Trabalhador mais antigo acompanhou crescimento
Jorge Teixeira é o funcionário mais antigo da empresa. Entrou em 1982, com 15 anos, para as instalações da fábrica em Ramalde, no Porto, e acompanhou de perto o crescimento da empresa. "Estou aqui vai fazer 36 anos a 1 de outubro. Quando vim quase não existiam máquinas nenhumas, começou a evoluir desde 1986, depois veio máquina acima de máquina e hoje temos aqui o nosso futuro. Foi um grande invento que o nosso patrão fez", avança o trabalhador, que chefia a área de acabamentos e soldadura.
Ao longo de todos estes anos de serviço, Jorge foi ganhando o gosto pelo que faz e hoje em dia ensina os mais jovens a arte do ofício. "Não é um trabalho pesado e é fácil de ensinar. Se a pessoa tiver vontade de aprender e gostar do trabalho, não tem dificuldade em aprender", deixa a dica para quem possa estar interessado em ingressar na área da metalurgia.

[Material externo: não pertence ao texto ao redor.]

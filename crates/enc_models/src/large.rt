ghost use Rattle.std.specs.Prelude.{◌<◌, ◌≤◌, ◌^◌, length, IfErr, IsTrue, OnOk};
ghost use Rattle.tf_core.specs.Sound.{is_monomorphic, IsSoundNormal};
ghost use Rattle.tf_core.specs.TypedTables.{AreNormalModel};
ghost use Rattle.tf_models.specs.Reading.{tables};
ghost use Rattle.enc_base.specs.Counts.{most_entries};
ghost use Rattle.enc_models.specs.Lowered.{IsTooLarge, entries_by_sort};

use crate::sort_sizes::greatest_sort_size;
use crate::to_typed::MOST_ENTRIES;
use enc_marks::{Encoded, Refusal};
use std::alloc::Global;
use structure_tables::untyped_entries;
use tf_core::Normal;
use tf_models::TypedStructure;

/// Refused where the tables that a model gives over the collapsed domain would hold more than
/// 67,108,864 numbers, by a scheme whose marks are of sorts. They are counted without memory, before
/// what is needed to make them.
pub fn refuse_large(
    alloc: Global,
    normal: &Normal,
    encoded: &Encoded,
    model: &TypedStructure,
) -> Result<(), Refusal>
    requires monomorphic { IsTrue (is_monomorphic normal.now) }
    requires sound { IsSoundNormal normal.now }
    requires model { AreNormalModel normal.now (tables model.now) }
    requires few { length model.now.sizes < 2 ^ 32 }
    ensures within { OnOk result (entries_by_sort normal.now encoded.now (tables model.now)
        ≤ most_entries) }
    ensures refused { IfErr result
        (IsTooLarge (entries_by_sort normal.now encoded.now (tables model.now))) }
{
    let size = greatest_sort_size(alloc, normal, model);
    let entries = untyped_entries(size as u64, encoded.problem.signature.as_slice());
    if entries > MOST_ENTRIES {
        return Err(Refusal::TableTooLarge { entries });
    }
    Ok(())
}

E não descarta o sexo feminino para a execução das mesmas tarefas. "Já não é um trabalho tipicamente masculino. Por vezes, as mulheres até têm mais cuidado em fazer as coisas do que os homens e, ao fim de algum tempo, tornam-se rápidas a executar as tarefas e têm mais cuidado, são muito perfeitas a trabalhar", finaliza o funcionário.